### Information supplied
___

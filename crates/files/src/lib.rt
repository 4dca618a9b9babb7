// The files of the eight channels: OUT.0 to OUT.7. None is ever overwritten.
#![tactic(auto)]

mod opening;
mod out;
mod settling;

ghost use Rattle.std.specs.Prelude.{◌≤◌, ◌<◌};

use desk::{Saved, more};
use lines::{Reason, blame};
pub use opening::open;
use opening::{make_new, remove};
pub use out::{OUT_MAX, Out, PATH_MAX};
use printing::say;
pub use settling::finished;
use std::io::Write;
use std::rt::Files;

// Takes away the files of the channels below v, which are empty.
fn unmake_below(rt: &impl Files, out: &Out, v: usize)
    requires { v ≤ 8 }
{
    for w in (0..v).rev() {
        let _ = remove(rt, out.name(w).as_slice());
    }
}

// The file of channel v; where it cannot be made, those below it go too. None and no error: what went wrong is said before they go.
fn make_next<R: Files>(rt: &R, err: &impl Print, out: &Out, v: usize) -> Option<R::File>
    requires { v < 8 }
{
    let name = out.name(v);
    match make_new(rt, name.as_slice()) {
        Ok(file) => Some(file),
        Err(why) => {
            blame(err, "cannot make ", name.as_slice(), why);
            unmake_below(rt, out, v);
            None
        }
    }
}

// Makes all eight, or none, and says why.
// Eight calls and not array::try_from_fn: that one asks that eight files fit in memory, which nothing says of an R::File.
pub fn make_all<R: Files>(rt: &R, err: &impl Print, out: &Out) -> Option<[R::File; 8]> {
    let mut next = |v: usize|
        requires { v < 8 }
    { make_next(rt, err, out, v) };
    Some([
        next(0)?,
        next(1)?,
        next(2)?,
        next(3)?,
        next(4)?,
        next(5)?,
        next(6)?,
        next(7)?,
    ])
}

// Writes packets to the channel's file, unless a write to it failed before.
pub fn save(err: &impl Print, file: &mut impl Write, v: usize, s: Saved, packets: &[u8]) -> Saved {
    if s.failed {
        return s;
    }
    match file.write_all(packets) {
        Ok(()) => Saved {
            octets: more(s.octets, packets.len() as u64),
            ..s
        },
        Err(why) => {
            say(
                err,
                format_args!(
                    "scowdeck: the packets of channel {v} cannot be written, and no more of them will be{}{}{}",
                    ": ",
                    Reason(why),
                    "\n"
                ),
            );
            Saved { failed: true, ..s }
        }
    }
}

___

### What needs to be done
Every entry in the listing should be retyped exactly.

### Result
filename crates/files/src/lib.rt
repository 4dca618a9b9babb7
// The files of the eight channels: OUT.0 to OUT.7. None is ever overwritten.
#![tactic(auto)]

mod opening;
mod out;
mod settling;

ghost use Rattle.std.specs.Prelude.{◌≤◌, ◌<◌};

use desk::{Saved, more};
use lines::{Reason, blame};
pub use opening::open;
use opening::{make_new, remove};
pub use out::{OUT_MAX, Out, PATH_MAX};
use printing::say;
pub use settling::finished;
use std::io::Write;
use std::rt::Files;

// Takes away the files of the channels below v, which are empty.
fn unmake_below(rt: &impl Files, out: &Out, v: usize)
    requires { v ≤ 8 }
{
    for w in (0..v).rev() {
        let _ = remove(rt, out.name(w).as_slice());
    }
}

// The file of channel v; where it cannot be made, those below it go too. None and no error: what went wrong is said before they go.
fn make_next<R: Files>(rt: &R, err: &impl Print, out: &Out, v: usize) -> Option<R::File>
    requires { v < 8 }
{
    let name = out.name(v);
    match make_new(rt, name.as_slice()) {
        Ok(file) => Some(file),
        Err(why) => {
            blame(err, "cannot make ", name.as_slice(), why);
            unmake_below(rt, out, v);
            None
        }
    }
}

// Makes all eight, or none, and says why.
// Eight calls and not array::try_from_fn: that one asks that eight files fit in memory, which nothing says of an R::File.
pub fn make_all<R: Files>(rt: &R, err: &impl Print, out: &Out) -> Option<[R::File; 8]> {
    let mut next = |v: usize|
        requires { v < 8 }
    { make_next(rt, err, out, v) };
    Some([
        next(0)?,
        next(1)?,
        next(2)?,
        next(3)?,
        next(4)?,
        next(5)?,
        next(6)?,
        next(7)?,
    ])
}

// Writes packets to the channel's file, unless a write to it failed before.
pub fn save(err: &impl Print, file: &mut impl Write, v: usize, s: Saved, packets: &[u8]) -> Saved {
    if s.failed {
        return s;
    }
    match file.write_all(packets) {
        Ok(()) => Saved {
            octets: more(s.octets, packets.len() as u64),
            ..s
        },
        Err(why) => {
            say(
                err,
                format_args!(
                    "scowdeck: the packets of channel {v} cannot be written, and no more of them will be{}{}{}",
                    ": ",
                    Reason(why),
                    "\n"
                ),
            );
            Saved { failed: true, ..s }
        }
    }
}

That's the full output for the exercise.